Mid February to September 1997
About the Site: St. Kolumba
Reencounter with the Unknown – Part 9

Parallel to the current architecture competition for the new building of the Diözesanmuseum upon the ruins of the St. Kolumba Church in Cologne, we are organising a six-month programme of exhibitions, lectures, talks and concerts designed to make us experience the site and introduce and explore it at the same time. As always, in this 9th part of our exhibition series “Reencounter with the Unknown” a major work of the collection forms the central focus: the “Mother and Child” from around 1650 by the sculptor Jeremias Geisselbrunn. In the northern side aisle of the Late Gothic St. Kolumba Church, the baroque portrayal of the Madonna once posed an outstanding highlight. In 1677 Jakob de Groote, known for his various donations to churches in Cologne, gave the piece to Kolumba. After having survived the endeavours of rigorous over-cleansing in the 19th century, to which a lot of Colognes churches had fallen victim, it finally seemed lost when the entire church was destroyed on 28 January 1945. The piece owes its reconstruction to the diligent restoration of the seventy fragments of the alabaster sculpture which had burst in the flames. The “Reencounter” dedicates itself this time to this major work of Cologne Baroque sculpture. Its liveliness triggered by its energy finds a counterbalance in our presentation of the quiet work of artist Kurt Benning from Munich.
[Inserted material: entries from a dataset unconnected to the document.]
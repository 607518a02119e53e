//! Matches, and which variables they have.

ghost use Rattle.std.specs.Prelude.{◌≡◌, take, drop};
ghost use Rattle.std.specs.List.{list_all};
ghost use Rattle.entry_place.specs.Places as spec;

use crate::bits::{is_apart_from, width};
use idl_tree::{BitPart, Variable};

fn is_match_digit(byte: u8) -> bool
    ensures { result ≡ spec.is_match_digit byte }
{
    byte == b'0' || byte == b'1' || byte == b'-'
}

fn all_match_digits(bytes: &[u8]) -> bool
    ensures { result ≡ list_all spec.is_match_digit bytes.now }
{
    for byte in bytes {
        if !is_match_digit(*byte) {
            return false;
        }
    }
    true
}

/// Whether a text is a match: 32 of `0`, `1` and `-`, bit 31 first.
pub fn is_match(digits: &str) -> bool
    ensures { result ≡ spec.is_match digits.now }
{
    digits.len() == 32 && all_match_digits(digits.as_bytes())
}

fn all_dashes(bytes: &[u8]) -> bool
    ensures { result ≡ list_all spec.is_dash bytes.now }
{
    for byte in bytes {
        if *byte != b'-' {
            return false;
        }
    }
    true
}

// So many bytes from a place on, or as many as there are.
fn bytes_at(bytes: &[u8], at: usize, count: usize) -> &[u8]
    ensures { result.now ≡ take count (drop at bytes.now) }
{
    let rest = bytes.split_at(at.min(bytes.len())).1;
    rest.split_at(count.min(rest.len())).0
}

fn is_free_part(digits: &[u8], part: &BitPart) -> bool
    ensures { result ≡ spec.is_free_part digits.now part.now }
{
    part.high < 32
        && all_dashes(bytes_at(digits, usize::from(31 - part.high), width(part) as usize))
}

fn are_free_parts(digits: &[u8], parts: &[BitPart]) -> bool
    ensures { result ≡ list_all (spec.is_free_part digits.now) parts.now }
{
    for part in parts {
        if !is_free_part(digits, part) {
            return false;
        }
    }
    true
}

fn are_parts_apart(others: &[BitPart], parts: &[BitPart]) -> bool
    ensures { result ≡ list_all (spec.is_apart_from others.now) parts.now }
{
    for part in parts {
        if !is_apart_from(others, part) {
            return false;
        }
    }
    true
}

fn are_separate(variable: &Variable, other: &Variable) -> bool
    ensures { result ≡ spec.are_separate variable.now other.now }
{
    variable.name != other.name
        && are_parts_apart(other.location.as_slice(), variable.location.as_slice())
}

fn is_separate_from(before: &[Variable], variable: &Variable) -> bool
    ensures { result ≡ list_all (spec.are_separate variable.now) before.now }
{
    for other in before {
        if !are_separate(variable, other) {
            return false;
        }
    }
    true
}

/// Whether a variable fits a match beside the variables before it: its bits are `-` in the match,
/// and no variable before it has its name or one of its bits.
pub fn fits_match(digits: &str, before: &[Variable], variable: &Variable) -> bool
    ensures { result ≡ spec.fits_match digits.now before.now variable.now }
{
    are_free_parts(digits.as_bytes(), variable.location.as_slice())
        && is_separate_from(before, variable)
}
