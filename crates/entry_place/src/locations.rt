//! Locations of variables and of fields, as the trees of entries spell them.

ghost use Rattle.std.specs.Prelude.{◌≡◌, IfOk};
ghost use Rattle.entry_place.specs.Places as spec;

use crate::bits::{has_bits_within, has_each_bit_once, width};
use crate::numbers::{bit_of, parts};
use idl_tree::{BitPart, BitParts};
use std::alloc::Global;
use udb_base::{Many, NoMemory};
use yaml_spec::Tree;

fn bit_number(number: i128) -> Option<u16>
    ensures { result ≡ spec.bit_number number }
{
    u16::try_from(number).ok()
}

fn number_location(alloc: Global, number: i128) -> Result<Option<BitParts>, NoMemory>
    ensures { IfOk result (λ r. r ≡ spec.number_location number) }
{
    match bit_of(bit_number(number)) {
        Some(part) => {
            let mut parts = Many::new(alloc);
            parts.push(part)?;
            Ok(Some(parts))
        }
        None => Ok(None),
    }
}

fn text_location(alloc: Global, tree: &Tree) -> Result<Option<BitParts>, NoMemory>
    ensures { IfOk result (λ r. r ≡ spec.text_location tree.now) }
{
    match tree.as_text() {
        Some(text) => parts(alloc, text),
        None => Ok(None),
    }
}

fn location(alloc: Global, tree: &Tree) -> Result<Option<BitParts>, NoMemory>
    ensures { IfOk result (λ r. r ≡ spec.location_of tree.now) }
{
    match tree.as_int() {
        Some(number) => number_location(alloc, number),
        None => text_location(alloc, tree),
    }
}

/// The parts of a variable's location, the highest bits of the value first: a text of parts that
/// are joined by `|`, each `h-l` or `b`, or the number of one bit. There are none where the tree
/// spells no location, or one of more than 32 bits or with a bit twice.
pub fn variable_location(alloc: Global, tree: &Tree) -> Result<Option<BitParts>, NoMemory>
    ensures { IfOk result (λ r. r ≡ spec.variable_location tree.now) }
{
    match location(alloc, tree)? {
        Some(parts) => {
            if has_bits_within(parts.as_slice(), 32) && has_each_bit_once(parts.as_slice()) {
                Ok(Some(parts))
            } else {
                Ok(None)
            }
        }
        None => Ok(None),
    }
}

fn field_part(parts: &[BitPart]) -> Option<BitPart>
    ensures { result ≡ spec.field_part parts.now }
{
    match parts {
        [part] => { if width(part) <= 64 { Some(*part) } else { None } }
        _ => None,
    }
}

/// The place of a field: a location of one part, which has at most 64 bits. There is none where the
/// tree spells no such location.
pub fn field_place(alloc: Global, tree: &Tree) -> Result<Option<BitPart>, NoMemory>
    ensures { IfOk result (λ r. r ≡ spec.field_place tree.now) }
{
    match location(alloc, tree)? {
        Some(parts) => Ok(field_part(parts.as_slice())),
        None => Ok(None),
    }
}
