//! Numbers and parts of locations, read from their texts.

ghost use Rattle.std.specs.Prelude.{◌≡◌, IsTrue, IfOk, map};
ghost use Rattle.std.specs.Str.{all_ascii_digits};
ghost use Rattle.std.specs.List.{slice_split};
ghost use Rattle.udb_base.specs.Lists as lists;
ghost use Rattle.entry_place.specs.Places as spec;

use idl_tree::{BitPart, BitParts};
use std::alloc::Global;
use udb_base::{Many, NoMemory};

fn all_digits(text: &[u8]) -> bool
    ensures { result ≡ all_ascii_digits text.now }
{
    for byte in text {
        if !byte.is_ascii_digit() {
            return false;
        }
    }
    true
}

fn is_number(text: &str) -> bool
    ensures { result ≡ spec.is_number text.now }
{
    let bytes = text.as_bytes();
    all_digits(bytes) && (!bytes.is_empty() && (bytes.len() == 1 || bytes[0] != b'0'))
}

// A number of at most 65,535.
fn number(text: &str) -> Option<u16>
    ensures { result ≡ spec.number_of text.now }
{
    if is_number(text) {
        text.parse::<u16>().ok()
    } else {
        None
    }
}

fn run(high: u16, low: u16) -> Option<BitPart>
    ensures { result ≡ spec.run high low }
{
    if low <= high {
        Some(BitPart { high, low })
    } else {
        None
    }
}

fn run_of(high: Option<u16>, low: Option<u16>) -> Option<BitPart>
    ensures { result ≡ spec.run_of high low }
{
    let high = high?;
    let low = low?;
    run(high, low)
}

/// The part that is one bit.
pub fn bit_of(bit: Option<u16>) -> Option<BitPart>
    ensures { result ≡ spec.bit_of bit }
{
    let bit = bit?;
    Some(BitPart {
        high: bit,
        low: bit,
    })
}

// part = number "-" number | number
fn part(text: &str) -> Option<BitPart>
    ensures { result ≡ spec.part_of text.now }
{
    match text.split_once('-') {
        Some((high, low)) => run_of(number(high), number(low)),
        None => bit_of(number(text)),
    }
}

fn pieces<'a>(alloc: Global, text: &'a str) -> Result<Vec<&'a str>, NoMemory>
    ensures { IfOk result (λ v. map (λ x. x.now) v.items ≡ slice_split spec.is_bar text.now) }
{
    text.split('|').collect(alloc)
}

#[tactic(auto, using(udb_base::specs::Lists::part_steps))]
fn each_part(alloc: Global, texts: &[&str]) -> Result<Option<BitParts>, NoMemory>
    ensures { IfOk result (λ r. r ≡ lists.each (λ x. spec.part_of x.now) texts.now) }
{
    let mut parts = Many::new(alloc);
    for text in texts {
        match part(text) {
            Some(part) => parts.push(part)?,
            None => return Ok(None),
        }
    }
    Ok(Some(parts))
}

/// The parts that a text spells: `location = part { "|" part }`.
pub fn parts(alloc: Global, text: &str) -> Result<Option<BitParts>, NoMemory>
    ensures { IfOk result (λ r. r ≡ spec.parts_of text.now) }
{
    let texts = pieces(alloc, text)?;
    each_part(alloc, texts.as_slice())
}
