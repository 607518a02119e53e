//! Spaces of cases.

use crate::conds::cond_of;
use crate::numbers::number_of;
use std::alloc::Global;
use udb_base::{
    Chars, Cond, Domain, ExtSpace, ExtSpaces, Listed, Many, Name, NoMemory, Numbers, ParamSpace,
    ParamSpaces, Space, Version, Words, both,
};
use udb_cond::parse_version;

/// No list of numbers is longer.
const LONGEST: u64 = 1024;

fn version_of(text: &str) -> Version {
    match parse_version(text) {
        Ok(version) => version,
        Err(_) => Version {
            major: 1,
            minor: 0,
            patch: 0,
        },
    }
}

fn extension(alloc: Global, name: &str, version: &str) -> Result<ExtSpace, NoMemory> {
    let listed = Listed {
        version: version_of(version),
        breaking: false,
    };
    let (name, versions) = both(Name::of(alloc, name), Many::from_slice(alloc, &[listed]))?;
    Ok(ExtSpace {
        name,
        versions,
        needs: Cond::Always,
    })
}

fn listed_numbers(alloc: Global, text: &str) -> Result<Numbers, NoMemory> {
    let mut numbers = Many::new(alloc);
    for word in text.split('|') {
        numbers.push(number_of(word))?;
    }
    Ok(numbers)
}

fn numbers_between(alloc: Global, low: u64, high: u64) -> Result<Numbers, NoMemory> {
    let mut numbers = Many::new(alloc);
    for number in low..high.min(low.saturating_add(LONGEST)) {
        numbers.push(number)?;
    }
    numbers.push(high)?;
    Ok(numbers)
}

fn push_word(to: &mut Words, word: Result<Chars, NoMemory>) -> Result<(), NoMemory> {
    to.push(word?)?;
    Ok(())
}

fn listed_words(alloc: Global, text: &str) -> Result<Words, NoMemory> {
    let mut words = Many::new(alloc);
    for word in text.split('|') {
        push_word(&mut words, Chars::of(alloc, word))?;
    }
    Ok(words)
}

fn number_domain(alloc: Global, text: &str) -> Result<Domain, NoMemory> {
    if let Some((low, high)) = text.split_once("..") {
        return Ok(Domain::Range {
            low: number_of(low),
            high: number_of(high),
        });
    }
    match text.split_once('-') {
        Some((low, high)) => {
            let numbers = numbers_between(alloc, number_of(low), number_of(high))?;
            Ok(Domain::Numbers(numbers))
        }
        None => Ok(Domain::Numbers(listed_numbers(alloc, text)?)),
    }
}

fn domain_of(alloc: Global, text: &str) -> Result<Domain, NoMemory> {
    if text == "flag" {
        return Ok(Domain::Flags);
    }
    if text.starts_with(|letter: char| letter.is_ascii_digit()) {
        return number_domain(alloc, text);
    }
    Ok(Domain::Words(listed_words(alloc, text)?))
}

fn parameter(alloc: Global, name: &str, text: &str) -> Result<ParamSpace, NoMemory> {
    let (domain, defined) = text.split_once('?').unwrap_or((text, "always"));
    let parts = both(domain_of(alloc, domain), cond_of(alloc, defined));
    let (name, (domain, defined)) = both(Name::of(alloc, name), parts)?;
    Ok(ParamSpace {
        name,
        domain,
        defined,
        needs: Cond::Always,
    })
}

fn push_extension(to: &mut ExtSpaces, one: Result<ExtSpace, NoMemory>) -> Result<(), NoMemory> {
    to.push(one?)?;
    Ok(())
}

fn push_parameter(to: &mut ParamSpaces, one: Result<ParamSpace, NoMemory>) -> Result<(), NoMemory> {
    to.push(one?)?;
    Ok(())
}

fn extensions(alloc: Global, text: &str) -> Result<ExtSpaces, NoMemory> {
    let mut all = Many::new(alloc);
    for word in text.split(' ') {
        if let Some((name, version)) = word.split_once('@') {
            push_extension(&mut all, extension(alloc, name, version))?;
        }
    }
    Ok(all)
}

fn parameters(alloc: Global, text: &str) -> Result<ParamSpaces, NoMemory> {
    let mut all = Many::new(alloc);
    for word in text.split(' ') {
        if let Some((name, domain)) = word.split_once('=') {
            push_parameter(&mut all, parameter(alloc, name, domain))?;
        }
    }
    Ok(all)
}

/// The space of some words, each kind in the order of names: `NAME@VERSION` is an extension;
/// `NAME=DOMAIN` a parameter, whose domain is `flag`, numbers or words joined by `|`, `LOW-HIGH` for
/// all numbers between as a list, or `LOW..HIGH` for a range, and which is defined where a condition behind
/// `?` holds.
pub fn space_of(alloc: Global, text: &str) -> Result<Space, NoMemory> {
    let (extensions, params) = both(extensions(alloc, text), parameters(alloc, text))?;
    Ok(Space { extensions, params })
}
For his “Luminated Box” with the seemingly presumptuous and loaded title of a “Historical Picture” called “The War in Middle Europe, mid XX. Century” Benning uses a photo of the place his father worked in, taken by his father in Belgrade in 1943. The artist as an eyewitness of history using the reference of such pictures is also a topic of the video installation by Klaus vom Bruch “… in the Window” of the museum.